The sound of children's laughter began to erupt behind us. A large crowd had gathered beside one of the buildings and at its center was a local performer and his very talented monkey who was working the audience like a seasoned pro.

Squid on a stick
Ika (squid) is a popular food. Here, as a snack, it's served broiled on a stick with a sweetened soy sauce.

A Differend Kind of Taco Stand

We slowly walked back towards the dock. Now and then, dark clouds were passing overhead and more and more frequently, light showers traveled with them. We walked along a narrow row of shops in the shopping district and stopped for snacks. A local specialty of soy-glazed squid tentacle appeared to be especially popular. I decided to try the cantaloupe-flavored ice cream which turned out to be truly delicious. Like many desert-type dishes in Japan, it lacked the aggressive sweetness often found in Western food and drink. Even though diet beverages are very hard to find here, Japanese soft drinks are far more subtly sweetened. Coca-Cola and other American soft drinks that are popular tasted overly sugary in comparison.

It was mid-afternoon when we boarded the ferry to return to the mainland. Our niece and nephew, once again, directed us to the seats they had chosen for us. Out the window, I watched the shrine shrink into the misty horizon.

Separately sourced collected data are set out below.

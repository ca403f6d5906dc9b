//! The words of a line: the form that they begin, and what each is by itself, a number, a name or a parameter; and tables of
//! what has a name.
#![tactic(auto)]

mod beginning;
mod letter;
mod mark;
mod name;
mod names;
mod number;
mod parameter;
mod words;

pub use beginning::{begins, operands, sort_begun};
pub use mark::up_to;
pub use name::is_name;
pub use names::Names;
pub use number::{decimal_within, literal, literal_within, looks_numeric};
pub use parameter::{is_parameter, parameter_class, parameter_name};
pub use words::Words;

The train back to Hiro was still quite crowded. Eight or nine uniformed boys of junior high school age with their teacher/coach stood in the aisle in front of us, joking noisily with each other. They seemed to be returning from some sort of athletic competition. I watched my niece staring at them as if she was studying a group of strange alien creatures who were, at once, fascinating and yet somewhat repulsive.

I surprised myself by falling asleep for a good part of the trip. It wasn't as if I was very tired, but I was feeling extremely relaxed and comfortable. The regular clatter of the wheels and iron rails was a little hypnotic. I awoke when we were nearing our stop, feeling quite refreshed. The sun was shining brightly as we arrived in Hiro.

A Supermarket - Sort of

My wife's sister drove my wife, her mother and I a few blocks to the town's one large department store so we could do some grocery shopping. Supermarkets, per se, are rather rare in Japan. Most groceries are purchased at small shops specializing in produce, meat, fish or other limited varieties of goods. What we would recognize as a "normal" grocery store traditionally occupied the bottom floor. Jusco was nowhere near as large as the big-city department stores, but the tall, white building with it's multi-storied parking lot dwarfed its downtown Hiro neighbors. Once again, I noticed that the fresh produce here was pricey but the quality of many of the items (probably all locally grown) was even better than the city stores. But aside from the fact that you could take an escalator to a different floor and purchase anything from lingerie to major appliances, it was very similar to an American supermarket. One thing I thought was a bit unusual was the fact that, even though Japanese retailers are service-oriented to a fault, supermarket customers were left to wrap and bag their own purchases. Obviously, this is something that people prefer to do themselves.

After the grocery chores were done, we had a chance to some shopping in other nearby stores, finding some gifts for our niece and nephew and some friends of ours back home. Even though the setting sun was still shining, we found ourselves dodging in and out of some brief but heavy showers. We returned home to a great dinner and an unusually restful evening.